The morning broke, and through the walls the dim, murmurous hum of street traffic penetrated in a muffled whisper. Then the gray of the late dawn crept about the room, noiseless-footed, like one walking over graves. Suddenly Lois, who had been sitting with closed eyes, felt a touch on her shoulder. It was Margaret, and she pointed silently to Daunt. Lois started forward with a shrinking fear that the end had come unperceived, but a glance reassured her. The rigid outlines of his features seemed to have relaxed; an indefinable something, a warmth, a tinge, a flexibility seemed to have fallen upon the drawn cheeks. It was something scarce tangible enough to be noted; something evasive, and yet, to Lois’s trained senses, unmistakable. It was a light loosening of the grip of Death, a tentative withdrawing of the forces of the destroyer.

Lois turned with a quick and silent gesture, and the two girls looked at each other steadfastly. Into Margaret’s eyes sprang a trembling, eager light of joy.

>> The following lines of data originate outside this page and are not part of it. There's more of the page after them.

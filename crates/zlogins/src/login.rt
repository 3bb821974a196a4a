//! One login.
//!
//! # Why
//!
//! All bytes are compared, even after one that differs, so that the time doesn't reveal how many
//! were right. No clause speaks of time. Another length is refused at once: how long a user's name
//! is, and a hash, is no secret.

ghost use Rattle.std.specs.Prelude.{◌≡◌, bytes_eq};

use std::marker::Model;

/// A login: `user:hash`.
#[derive(Drop)]
pub struct Login {
    text: Vec<u8>,
}

impl Model for Login {
    ghost use Rattle.std.specs.Prelude.{ℕ, List};

    ghost Value = { List ℕ };

    ghost view = { λ login. login.text.items };
}

impl Login {
    /// Makes the login with this text.
    pub(crate) fn new(text: Vec<u8>) -> Login
        ensures { result ≡ text.items }
    {
        Login { text }
    }

    /// Returns whether this is the login. All bytes are compared, even after one that differs.
    pub(crate) fn is_same(&self, given: &[u8]) -> bool
        ensures { result ≡ bytes_eq given.now self.now }
    {
        is_same(given, &self.text)
    }
}

// Returns whether the bytes are the same. All are compared, even after one that differs.
fn is_same(given: &[u8], own: &[u8]) -> bool
    ensures { result ≡ bytes_eq given.now own.now }
{
    if given.len() != own.len() {
        return false;
    }
    let mut difference = 0u8;
    'bytes: for i in 0..own.len() {
        difference |= given[i] ^ own[i];
    }
    difference == 0
}
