//! The program `zk script` without its devices.
//!
//! `settings` reads the words with `clap`. `command` plays a script as they say, reports a fault in
//! one line, and returns the exit status.
#![tactic(auto)]

mod program;
pub mod rows;
mod words;

pub use program::command;
pub use words::settings;
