//! The logins of a text, line by line.

ghost use Rattle.std.specs.Prelude.{◌≡◌, Ok, IfErr, IfOk, OnOk};
ghost use Rattle.std.specs.Option.{option_map};
ghost use Rattle.zlogins.specs.Reading.{AddsLine, IsFaultOf, behind_digest, line_logins, lines_of};
ghost use Rattle.zlogins.specs.Reading.{login_on, logins_on};

use crate::fault::LoginsFault;
use crate::login::Login;
use crate::spelling::is_login;
use memchr::memchr;
use std::alloc::Global;

/// Returns the logins of a text, in order.
pub(crate) fn read(alloc: Global, text: &[u8]) -> Result<Vec<Login>, LoginsFault>
    ensures found { IfOk result (λ logins. logins_on 1 (lines_of text.now) ≡ Ok logins.items) }
    ensures fault { IfErr result (IsFaultOf (logins_on 1 (lines_of text.now))) }
{
    let mut logins = Vec::new(alloc);
    let mut rest = text;
    let mut number = 1;
    'lines: while let Some(end) = memchr(b'\n', rest) {
        add_line(alloc, &rest[..end], number, &mut logins)?;
        rest = &rest[end + 1..];
        number += 1;
    }
    add_line(alloc, rest, number, &mut logins)?;
    Ok(logins)
}

// Appends the login of a line. An empty line has none.
fn add_line(
    alloc: Global,
    line: &[u8],
    number: usize,
    logins: &mut Vec<Login>,
) -> Result<(), LoginsFault>
    ensures added { OnOk result (AddsLine number line.now logins.old.items logins.new.items) }
    ensures fault { IfErr result (IsFaultOf (line_logins number line.now)) }
{
    if line.is_empty() {
        return Ok(());
    }
    let login = login_on(alloc, line, number)?;
    logins.push(login)?;
    Ok(())
}

// Returns the login of a line that isn't empty.
fn login_on(alloc: Global, line: &[u8], number: usize) -> Result<Login, LoginsFault>
    ensures found { IfOk result (λ login. login_on number line.now ≡ Ok login) }
    ensures fault { IfErr result (IsFaultOf (login_on number line.now)) }
{
    let Some(text) = behind_digest(line) else {
        return Err(LoginsFault::NoDigest(number));
    };
    if !is_login(alloc, text)? {
        return Err(LoginsFault::NoHash(number));
    }
    Ok(Login::new(Vec::from_slice(alloc, text)?))
}

// Returns what follows the word `digest` and a space at the front of a line.
fn behind_digest(line: &[u8]) -> Option<&[u8]>
    ensures { option_map (λ text. text.now) result ≡ behind_digest line.now }
{
    match line {
        [b'd', b'i', b'g', b'e', b's', b't', b' ', text @ ..] => Some(text),
        _ => None,
    }
}
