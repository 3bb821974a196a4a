//! What command line programs share: the numbers of their options, and the report of a fault.
//!
//! `numbers_asked` reads `zk NAME [--OPTION N] ..` with `clap`. Its result is an exact function of
//! the words, `asked_of` (specs/Asked.antt), by what `clap` specifies of its parse. An `Err` is out
//! of memory. `refuse` reports why words are no command, and returns the exit status.
//!
//! # Why
//!
//! No subcommand, an option given twice and a request for help are all bad words: status 2. How a
//! number is spelled (`+1`, `01`) is left to `clap`'s reader of integers.
#![tactic(auto)]

mod asked;
mod fault;
mod line;
mod options;
mod reporting;
pub mod rows;

pub use asked::numbers_asked;
pub use fault::WordsFault;
pub use options::NumberOption;
pub use reporting::{refuse, tell};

“We mustn’t hope too much, dear,” Lois whispered, “but I think—I think that there is a little change. Wait until I call Dr. Irwin.”The house surgeon bent over the cot with his finger upon Daunt’s pulse. “This is another one on Faulkner,” he said. “It beats all how things will go. Said he’d give him twelve hours, did he? Well, this patient has his own ideas about that. He evidently has marvellous recuperative powers or else the age of miracles isn’t past. Better watch this case very carefully and report to me every hour or so. You can count,” he smiled at Lois, “on being mighty unpopular with Faulkner. He doesn’t like to have his opinions reversed this way, and he is pretty sure to lay it on the nurse.”

As the doctor disappeared, all the strength which Margaret had summoned to her aid seemed to vanish in one great wave of weakening which overspread her spirit. Everything swam before her eyes. She sank upon the chair and laid her arms outstretched upon the table. Then she slowly dropped her head upon them.